━━ PROVIDED DATA

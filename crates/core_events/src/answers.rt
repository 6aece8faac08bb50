//! Answers: the reply to an event, and the notices after it.
//!
//! An answer is used again for one event after another. The room in it is made before an event, so that the core can carry
//! the event out without memory.

ghost use Rattle.std.specs.Prelude.{◌≡◌, ◌≤◌, ◌↔◌, [], IsTrue, IsOk, IfOk, OnOk, vec_capacity};
ghost use Rattle.core_events.specs.Answers.{bytes_needed, runs_needed, Fits, HasRoom, IsEmptyAnswer, KeepsContents, KeepsRoom};

use crate::events::{Event, Work};
use crate::infos::{JobInfos, NodeInfos};
use crate::refusals::Refusal;
use span_algebra::{Bytes, Name, Runs};
use std::alloc::{AllocError, Global};

/// Want of memory.
pub type Memory = AllocError;

/// The longest read that is carried out, in bytes.
const LONGEST_READ: u64 = 1 << 25;

/// How many runs a status replies at most.
const MOST_RUNS: usize = 1024;

/// How many notices an answer has room for: twice as many as jobs and views can end in one event.
const MOST_NOTICES: usize = 16;

/// Why a request failed, as clients know it.
#[derive(Clone, Copy, Debug, PartialEq, Eq)]
pub enum Errno {
    /// A write or zero came by a way that may not write.
    Perm,
    /// A device call failed, or the drive is broken.
    Io,
    /// For want of memory.
    NoMemory,
    /// The range isn't within the disk or is too long, a status asks nothing, or there is no such node or no consistent
    /// bitmap of the context.
    Invalid,
    /// The image has no room for what the write needs.
    NoSpace,
    /// The view has ended, or it is broken.
    Shutdown,
}

/// The reply to an event.
#[derive(Debug, Drop)]
pub enum Reply {
    /// It is done.
    Done,
    /// The bytes that were read, which stand in the answer.
    Bytes,
    /// The runs that were asked, which stand in the answer.
    Runs,
    /// The request failed.
    Fault(Errno),
    /// The jobs and views that were asked for.
    Jobs(JobInfos),
    /// The drive and the views that were asked for.
    Nodes(NodeInfos),
    /// The command is refused. The number is that of the action in its transaction, from 0; any other command has none, nor
    /// has an empty transaction.
    Refused(Option<u64>, Refusal),
}

/// Why a job or a view ended early.
#[derive(Clone, Copy, Debug, PartialEq, Eq)]
pub enum JobFault {
    /// A device call for it failed.
    Failed,
    /// Its target has no room for a unit of the copy.
    NoRoom,
    /// The drive broke.
    SourceBroken,
}

/// What the monitor is told of a job or a view, besides the reply.
#[derive(Debug, Drop)]
pub enum Notice {
    /// It has ended: whole, or by a fault. `length` is how many bytes were to be copied in all, `offset` how many were.
    Completed {
        job: Name,
        length: u64,
        offset: u64,
        fault: Option<JobFault>,
    },
    /// It was cancelled. The numbers are as those of one that has ended.
    Cancelled {
        job: Name,
        length: u64,
        offset: u64,
    },
}

/// Notices, in order.
#[derive(Debug, Drop)]
pub struct Notices {
    pub items: Vec<Notice>,
}

/// What an event gives. Its lists keep their room from one event to the next.
#[derive(Debug, Drop)]
pub struct Answer {
    pub reply: Reply,
    /// What was read, where the reply says so.
    pub bytes: Bytes,
    /// What status was asked, where the reply says so.
    pub runs: Runs,
    pub notices: Notices,
}

impl Answer {
    /// An empty answer with room for so many bytes, for the runs of a status and for the notices of an event.
    pub fn new(alloc: Global, bytes: usize) -> Result<Answer, Memory>
        ensures empty { IfOk result IsEmptyAnswer }
        ensures room { IfOk result (HasRoom bytes) }
    {
        Ok(Answer {
            reply: Reply::Done,
            bytes: Bytes {
                items: Vec::with_capacity(alloc, bytes)?,
            },
            runs: Runs {
                items: Vec::with_capacity(alloc, MOST_RUNS)?,
            },
            notices: Notices {
                items: Vec::with_capacity(alloc, MOST_NOTICES)?,
            },
        })
    }

    /// Whether the answer has the room that the event may need.
    ///
    /// That is the length of a read of at most 2^25 bytes, 1,024 runs for a status, and 16 notices for any event. The room
    /// is that of the whole lists, whatever stands in them.
    pub fn fits(&self, event: &Event) -> bool
        ensures { IsTrue result ↔ Fits self.now event.now }
    {
        bytes_for(event) <= self.bytes.items.capacity()
            && runs_for(event) <= self.runs.items.capacity()
            && MOST_NOTICES <= self.notices.items.capacity()
    }

    /// Makes the room that the event may need.
    ///
    /// Takes no memory where it is there. Whatever it answers, what stands in the answer stays, and so does the room.
    pub fn make_room(&mut self, alloc: Global, event: &Event) -> Result<(), Memory>
        ensures done { OnOk result (Fits self.new event.now) }
        ensures spare { Fits self.old event.now → IsOk result }
        ensures contents { KeepsContents self.old self.new }
        ensures room { KeepsRoom self.old self.new }
    {
        widen(alloc, &mut self.bytes.items, bytes_for(event))?;
        widen(alloc, &mut self.runs.items, runs_for(event))?;
        widen(alloc, &mut self.notices.items, MOST_NOTICES)
    }
}

// How many bytes the event may reply.
fn bytes_for(event: &Event) -> usize
    ensures { result ≡ bytes_needed event.now }
{
    match event {
        Event::Guest(request) => match request.work {
            Work::Read if request.length <= LONGEST_READ => request.length as usize,
            _ => 0,
        },
        _ => 0,
    }
}

// How many runs the event may reply.
fn runs_for(event: &Event) -> usize
    ensures { result ≡ runs_needed event.now }
{
    match event {
        Event::Guest(request) => match request.work {
            Work::Status { .. } => MOST_RUNS,
            _ => 0,
        },
        _ => 0,
    }
}

// Moves a list to one with room for so many items in all, where it has less.
fn widen<T: Drop>(alloc: Global, list: &mut Vec<T>, count: usize) -> Result<(), Memory>
    ensures items { list.new.items ≡ list.old.items }
    ensures done { OnOk result (count ≤ vec_capacity list.new) }
    ensures spare { count ≤ vec_capacity list.old → IsOk result }
    ensures room { vec_capacity list.old ≤ vec_capacity list.new }
{
    if count <= list.capacity() {
        return Ok(());
    }
    let mut wider = Vec::with_capacity(alloc, count)?;
    wider.append(list)?;
    *list = wider;
    Ok(())
}
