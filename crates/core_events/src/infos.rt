//! What queries list.

use crate::commands::Sources;
use span_algebra::{Name, Span};
use std::marker::Model;

/// A job, or a view.
#[derive(Debug, Drop)]
pub struct JobInfo {
    pub id: Name,
    /// How many bytes are copied, counted by units of the copy.
    pub current: u64,
    /// How many bytes are to be copied in all; of a view, the size of the disk.
    pub total: u64,
}

/// Jobs, in their order, and then views.
#[derive(Debug, Drop)]
pub struct JobInfos {
    pub items: Vec<JobInfo>,
}

impl Model for JobInfos {
    ghost use Rattle.std.specs.Prelude.{List};
    ghost use Rattle.core_events.specs.declared.infos.JobInfo.{JobInfo};

    ghost Value = { List JobInfo };

    ghost view = { λ a. a.items.items };
}

/// The drive, or a view of it.
#[derive(Debug, Drop)]
pub struct NodeInfo {
    pub name: Name,
    /// The size of the disk, in bytes.
    pub size: u64,
    /// The bitmaps in the order in which they were added. `None` exactly on views.
    pub bitmaps: Option<BitmapInfos>,
    /// The number of the event at which the drive broke.
    pub broken_at: Option<u64>,
}

/// The drive, and then views.
#[derive(Debug, Drop)]
pub struct NodeInfos {
    pub items: Vec<NodeInfo>,
}

impl Model for NodeInfos {
    ghost use Rattle.std.specs.Prelude.{List};
    ghost use Rattle.core_events.specs.declared.infos.NodeInfo.{NodeInfo};

    ghost Value = { List NodeInfo };

    ghost view = { λ a. a.items.items };
}

/// A bitmap of the drive.
#[derive(Debug, Drop)]
pub struct BitmapInfo {
    pub name: Name,
    /// The size of a granule, in bytes.
    pub granularity: u64,
    /// How many bytes its dirty granules have, each counted whole.
    pub count: u64,
    /// From when to when the bitmap has all that was written.
    pub span: Span,
    /// Whether writes are recorded.
    pub recording: bool,
    /// Whether it is kept in the image.
    pub persistent: bool,
    /// Whether a job uses it.
    pub busy: bool,
    /// Whether the image didn't say that it can be trusted.
    pub inconsistent: bool,
}

/// Bitmaps, in the order in which they were added.
#[derive(Debug, Drop)]
pub struct BitmapInfos {
    pub items: Vec<BitmapInfo>,
}

impl Model for BitmapInfos {
    ghost use Rattle.std.specs.Prelude.{List};
    ghost use Rattle.core_events.specs.declared.infos.BitmapInfo.{BitmapInfo};

    ghost Value = { List BitmapInfo };

    ghost view = { λ a. a.items.items };
}

/// An export, as clients may see it.
#[derive(Debug, Drop)]
pub struct ExportInfo {
    /// The name by which clients ask for it.
    pub name: Name,
    /// The size of the disk, in bytes.
    pub size: u64,
    /// Whether clients may write.
    pub writable: bool,
    /// The bitmaps whose status clients may ask.
    pub contexts: Sources,
}

/// Exports, in the order in which they were added.
#[derive(Debug, Drop)]
pub struct ExportList {
    pub items: Vec<ExportInfo>,
}

impl Model for ExportList {
    ghost use Rattle.std.specs.Prelude.{List};
    ghost use Rattle.core_events.specs.declared.infos.ExportInfo.{ExportInfo};

    ghost Value = { List ExportInfo };

    ghost view = { λ a. a.items.items };
}
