//! Laws of the definitions. Each function does nothing; its contract is the law.

ghost use Rattle.core_events.specs.Laws.{BytesAreBounded, RoomFitsEachEvent, FitsEachSmaller, FitsWhileRoomStays, NeedsFollowValue, ContentsKeepValue, EmptyIsDone};

/// An event may bring 2^25 bytes at most.
pub fn bytes_are_bounded()
    ensures { BytesAreBounded }
{}

/// An answer with room for so many bytes fits each event that may bring so many at most.
pub fn room_fits_each_event()
    ensures { RoomFitsEachEvent }
{}

/// An answer that fits an event fits each that may bring no more.
pub fn fits_each_smaller()
    ensures { FitsEachSmaller }
{}

/// What an answer fits it fits as long as its room stays.
pub fn fits_while_room_stays()
    ensures { FitsWhileRoomStays }
{}

/// Events of one value need the same room.
pub fn needs_follow_value()
    ensures { NeedsFollowValue }
{}

/// An answer whose contents stay keeps its value.
pub fn contents_keep_value()
    ensures { ContentsKeepValue }
{}

/// An empty answer has the value of one that is done, with no notices.
pub fn empty_is_done()
    ensures { EmptyIsDone }
{}
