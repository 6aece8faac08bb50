//! Why the core refuses a command.

use span_algebra::Name;

/// Why a command is refused, and the value that is named with it.
#[derive(Debug, Drop)]
pub enum Refusal {
    /// The command isn't built yet; this is the word that is missing. It is told before any other refusal.
    Unbuilt(Name),
    /// The session has no point left to draw.
    SerialSpent,
    /// The node isn't there, or the action isn't for it.
    NodeUnknown(Name),
    /// The name is empty, longer than 1,023 bytes or no text, or it has a control character.
    BadName,
    /// There is a bitmap of this name.
    NameTaken(Name),
    /// There are as many bitmaps as there may be; so many.
    TooMany(u64),
    /// The granularity, in bytes, is no power of two from 512 to 2^31.
    BadGranularity(u64),
    /// With this granularity, in bytes, the disk would have more than 2^27 granules.
    TooFine(u64),
    /// There is no bitmap of this name.
    NoSuchBitmap(Name),
    /// A job uses the bitmap of this name.
    Busy(Name),
    /// The bitmap of this name can't be trusted.
    Inconsistent(Name),
    /// There is a job or a view of this name.
    JobTaken(Name),
    /// There are as many jobs and views as there may be; so many.
    TooManyJobs(u64),
    /// A backup by a bitmap names none.
    BitmapNeeded,
    /// A bitmap stands where none may, and this is its name; or this is a mode that the backup can't have.
    BitmapForbidden(Name),
    /// The drive broke at the event of this number.
    SourceBroken(u64),
    /// A job or a view holds the target, or it is the drive.
    TargetBusy(Name),
    /// A device call failed in this event, for this target.
    DeviceFailed(Name),
    /// There is no file of the target's name, or no file may have it.
    TargetMissing(Name),
    /// The target's file is no target, for this reason.
    TargetFault(Name),
    /// The target has been begun before.
    TargetUsed(Name),
    /// The target's disk has another size than the drive.
    OtherSize(Name),
    /// The action that is always refused.
    Aborted,
    /// There is no job and no view of this name.
    JobUnknown(Name),
    /// A view can't be written through an export.
    ReadOnlyNode(Name),
    /// There is an export of this id, or of this name.
    ExportTaken(Name),
    /// There are as many exports as there may be; so many.
    TooManyExports(u64),
    /// For want of memory.
    OutOfMemory,
}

━━━━

TRY IT: Restate word for word the lines above, beginning at the first one and ending at the line that carries "the write needs.".

RESULT OF THIS EXERCISE:
filename crates/core_events/src/answers.rt
repository 6aece8faac08bb50
//! Answers: the reply to an event, and the notices after it.
//!
//! An answer is used again for one event after another. The room in it is made before an event, so that the core can carry
//! the event out without memory.

ghost use Rattle.std.specs.Prelude.{◌≡◌, ◌≤◌, ◌↔◌, [], IsTrue, IsOk, IfOk, OnOk, vec_capacity};
ghost use Rattle.core_events.specs.Answers.{bytes_needed, runs_needed, Fits, HasRoom, IsEmptyAnswer, KeepsContents, KeepsRoom};

use crate::events::{Event, Work};
use crate::infos::{JobInfos, NodeInfos};
use crate::refusals::Refusal;
use span_algebra::{Bytes, Name, Runs};
use std::alloc::{AllocError, Global};

/// Want of memory.
pub type Memory = AllocError;

/// The longest read that is carried out, in bytes.
const LONGEST_READ: u64 = 1 << 25;

/// How many runs a status replies at most.
const MOST_RUNS: usize = 1024;

/// How many notices an answer has room for: twice as many as jobs and views can end in one event.
const MOST_NOTICES: usize = 16;

/// Why a request failed, as clients know it.
#[derive(Clone, Copy, Debug, PartialEq, Eq)]
pub enum Errno {
    /// A write or zero came by a way that may not write.
    Perm,
    /// A device call failed, or the drive is broken.
    Io,
    /// For want of memory.
    NoMemory,
    /// The range isn't within the disk or is too long, a status asks nothing, or there is no such node or no consistent
    /// bitmap of the context.
    Invalid,
    /// The image has no room for what the write needs.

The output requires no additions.